--- PROBLEM TO WORK ON ---
Search the entries for the word "PUSHJ". Copy every line that holds it.
Start of MATERIAL TO PROCESS
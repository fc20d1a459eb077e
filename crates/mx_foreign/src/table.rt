//! The table: what other machines and assemblers call an operation, and what MMIX has for it.

/// A name of an operation, and a sentence on what MMIX has.
pub(crate) type Row = (&'static str, &'static str);

pub(crate) static FOREIGN: [Row; 86] = [
    (
        "MOV",
        "SET copies a register or makes a number: SET $0,$1 or SET $0,5.",
    ),
    (
        "MOVE",
        "SET copies a register or makes a number: SET $0,$1 or SET $0,5.",
    ),
    (
        "LDI",
        "SET copies a register or makes a number: SET $0,$1 or SET $0,5.",
    ),
    (
        "LI",
        "SET copies a register or makes a number: SET $0,$1 or SET $0,5.",
    ),
    (
        "MV",
        "SET copies a register or makes a number: SET $0,$1 or SET $0,5.",
    ),
    (
        "RET",
        "POP returns from a subroutine: POP 0,0, or POP 1,0 with a result in $0.",
    ),
    (
        "RETURN",
        "POP returns from a subroutine: POP 0,0, or POP 1,0 with a result in $0.",
    ),
    (
        "RTS",
        "POP returns from a subroutine: POP 0,0, or POP 1,0 with a result in $0.",
    ),
    ("CALL", "PUSHJ calls a subroutine: PUSHJ $2,Sub."),
    ("JSR", "PUSHJ calls a subroutine: PUSHJ $2,Sub."),
    ("JAL", "PUSHJ calls a subroutine: PUSHJ $2,Sub."),
    ("BL", "PUSHJ calls a subroutine: PUSHJ $2,Sub."),
    ("B", "JMP jumps: JMP Label."),
    ("BR", "JMP jumps: JMP Label."),
    ("BRA", "JMP jumps: JMP Label."),
    ("J", "JMP jumps: JMP Label."),
    ("GOTO", "JMP jumps: JMP Label."),
    (
        "BEQ",
        "CMP compares two, and BZ branches if the two are equal: CMP $0,$1,$2; BZ $0,Label.",
    ),
    (
        "JE",
        "CMP compares two, and BZ branches if the two are equal: CMP $0,$1,$2; BZ $0,Label.",
    ),
    (
        "BNE",
        "CMP compares two, and BNZ branches if they differ: CMP $0,$1,$2; BNZ $0,Label.",
    ),
    (
        "JNE",
        "CMP compares two, and BNZ branches if they differ: CMP $0,$1,$2; BNZ $0,Label.",
    ),
    (
        "BGT",
        "CMP compares two, and BP branches if the first is greater: CMP $0,$1,$2; BP $0,Label.",
    ),
    (
        "JG",
        "CMP compares two, and BP branches if the first is greater: CMP $0,$1,$2; BP $0,Label.",
    ),
    (
        "BLT",
        "CMP compares two, and BN branches if the first is less: CMP $0,$1,$2; BN $0,Label.",
    ),
    (
        "JL",
        "CMP compares two, and BN branches if the first is less: CMP $0,$1,$2; BN $0,Label.",
    ),
    (
        "BLE",
        "CMP compares two, and BNP branches if the first is not greater: CMP $0,$1,$2; BNP $0,Label.",
    ),
    (
        "JLE",
        "CMP compares two, and BNP branches if the first is not greater: CMP $0,$1,$2; BNP $0,Label.",
    ),
    (
        "BGE",
        "CMP compares two, and BNN branches if the first is not less: CMP $0,$1,$2; BNN $0,Label.",
    ),
    (
        "JGE",
        "CMP compares two, and BNN branches if the first is not less: CMP $0,$1,$2; BNN $0,Label.",
    ),
    ("JZ", "BZ branches if a register is 0: BZ $0,Label."),
    ("BEQZ", "BZ branches if a register is 0: BZ $0,Label."),
    ("JNZ", "BNZ branches if a register is not 0: BNZ $0,Label."),
    ("BNEZ", "BNZ branches if a register is not 0: BNZ $0,Label."),
    (
        "LD",
        "LDO loads an octa, LDT a tetra, LDW a wyde and LDB a byte: LDO $0,$1,0.",
    ),
    (
        "LOAD",
        "LDO loads an octa, LDT a tetra, LDW a wyde and LDB a byte: LDO $0,$1,0.",
    ),
    (
        "LDR",
        "LDO loads an octa, LDT a tetra, LDW a wyde and LDB a byte: LDO $0,$1,0.",
    ),
    (
        "LW",
        "LDT loads a tetra, which has 32 bits, and LDO an octa: LDT $0,$1,0.",
    ),
    (
        "LB",
        "LDB loads a byte, and LDBU one without a sign: LDB $0,$1,0.",
    ),
    (
        "LEA",
        "LDA puts the address of a label into a register: LDA $0,Label.",
    ),
    (
        "LA",
        "LDA puts the address of a label into a register: LDA $0,Label.",
    ),
    (
        "ADR",
        "LDA puts the address of a label into a register: LDA $0,Label.",
    ),
    (
        "ST",
        "STO stores an octa, STT a tetra, STW a wyde and STB a byte: STO $0,$1,0.",
    ),
    (
        "STORE",
        "STO stores an octa, STT a tetra, STW a wyde and STB a byte: STO $0,$1,0.",
    ),
    (
        "STR",
        "STO stores an octa, STT a tetra, STW a wyde and STB a byte: STO $0,$1,0.",
    ),
    (
        "SW",
        "STT stores a tetra, which has 32 bits, and STO an octa: STT $0,$1,0.",
    ),
    ("SB", "STB stores a byte: STB $0,$1,0."),
    ("HALT", "TRAP 0,Halt,0 ends the program."),
    ("HLT", "TRAP 0,Halt,0 ends the program."),
    ("EXIT", "TRAP 0,Halt,0 ends the program."),
    ("STOP", "TRAP 0,Halt,0 ends the program."),
    (
        "INC",
        "ADD adds 1 to a register: ADD $0,$0,1. INCL does so, too: INCL $0,1.",
    ),
    ("DEC", "SUB subtracts 1 from a register: SUB $0,$0,1."),
    (
        "PUSH",
        "STO stores on a stack of your own: SUB $254,$254,8; STO $0,$254,0. PUSHJ keeps registers by itself.",
    ),
    ("NOP", "SWYM does nothing."),
    (
        "SHL",
        "SL shifts to the left, and SLU does so without overflow: SL $0,$1,2.",
    ),
    (
        "LSL",
        "SL shifts to the left, and SLU does so without overflow: SL $0,$1,2.",
    ),
    (
        "SAL",
        "SL shifts to the left, and SLU does so without overflow: SL $0,$1,2.",
    ),
    (
        "SLL",
        "SL shifts to the left, and SLU does so without overflow: SL $0,$1,2.",
    ),
    (
        "SHR",
        "SRU shifts to the right, and zeros come in: SRU $0,$1,2.",
    ),
    (
        "LSR",
        "SRU shifts to the right, and zeros come in: SRU $0,$1,2.",
    ),
    (
        "SRL",
        "SRU shifts to the right, and zeros come in: SRU $0,$1,2.",
    ),
    (
        "SAR",
        "SR shifts to the right and keeps the sign: SR $0,$1,2.",
    ),
    (
        "ASR",
        "SR shifts to the right and keeps the sign: SR $0,$1,2.",
    ),
    (
        "SRA",
        "SR shifts to the right and keeps the sign: SR $0,$1,2.",
    ),
    ("NOT", "NOR with 0 turns each bit round: NOR $0,$1,0."),
    (
        "MOD",
        "DIV leaves the remainder in rR: DIV $0,$1,$2; GET $0,rR.",
    ),
    (
        "REM",
        "DIV leaves the remainder in rR: DIV $0,$1,$2; GET $0,rR.",
    ),
    (
        "INT",
        "TRAP calls a service: TRAP 0,Fputs,StdOut, or TRAP 0,Halt,0.",
    ),
    (
        "SYSCALL",
        "TRAP calls a service: TRAP 0,Fputs,StdOut, or TRAP 0,Halt,0.",
    ),
    (
        "ECALL",
        "TRAP calls a service: TRAP 0,Fputs,StdOut, or TRAP 0,Halt,0.",
    ),
    (
        "SVC",
        "TRAP calls a service: TRAP 0,Fputs,StdOut, or TRAP 0,Halt,0.",
    ),
    (
        "PRINT",
        "TRAP 0,Fputs,StdOut prints the text whose address is in $255.",
    ),
    (
        "PUTS",
        "TRAP 0,Fputs,StdOut prints the text whose address is in $255.",
    ),
    (
        "PRINTF",
        "TRAP 0,Fputs,StdOut prints the text whose address is in $255.",
    ),
    (
        "EQU",
        "IS gives a name a value: count IS $1, or size IS 100.",
    ),
    (
        "ORG",
        "LOC says where the next bytes go: LOC #100, or LOC Data_Segment.",
    ),
    (
        "ORIG",
        "LOC says where the next bytes go: LOC #100, or LOC Data_Segment.",
    ),
    ("DB", "BYTE places bytes and texts: BYTE \"text\",0."),
    ("DEFB", "BYTE places bytes and texts: BYTE \"text\",0."),
    ("ASCII", "BYTE places bytes and texts: BYTE \"text\",0."),
    ("ASCIZ", "BYTE places bytes and texts: BYTE \"text\",0."),
    (
        "DW",
        "BYTE, WYDE, TETRA and OCTA place data of 1, 2, 4 and 8 bytes: OCTA 5.",
    ),
    (
        "DD",
        "BYTE, WYDE, TETRA and OCTA place data of 1, 2, 4 and 8 bytes: OCTA 5.",
    ),
    (
        "DQ",
        "BYTE, WYDE, TETRA and OCTA place data of 1, 2, 4 and 8 bytes: OCTA 5.",
    ),
    (
        "WORD",
        "BYTE, WYDE, TETRA and OCTA place data of 1, 2, 4 and 8 bytes: OCTA 5.",
    ),
    (
        "DCD",
        "BYTE, WYDE, TETRA and OCTA place data of 1, 2, 4 and 8 bytes: OCTA 5.",
    ),
];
End of MATERIAL TO PROCESS
--- EXPECTED OUTPUT ---
    ("CALL", "PUSHJ calls a subroutine: PUSHJ $2,Sub."),
    ("JSR", "PUSHJ calls a subroutine: PUSHJ $2,Sub."),
    ("JAL", "PUSHJ calls a subroutine: PUSHJ $2,Sub."),
    ("BL", "PUSHJ calls a subroutine: PUSHJ $2,Sub."),
        "STO stores on a stack of your own: SUB $254,$254,8; STO $0,$254,0. PUSHJ keeps registers by itself.",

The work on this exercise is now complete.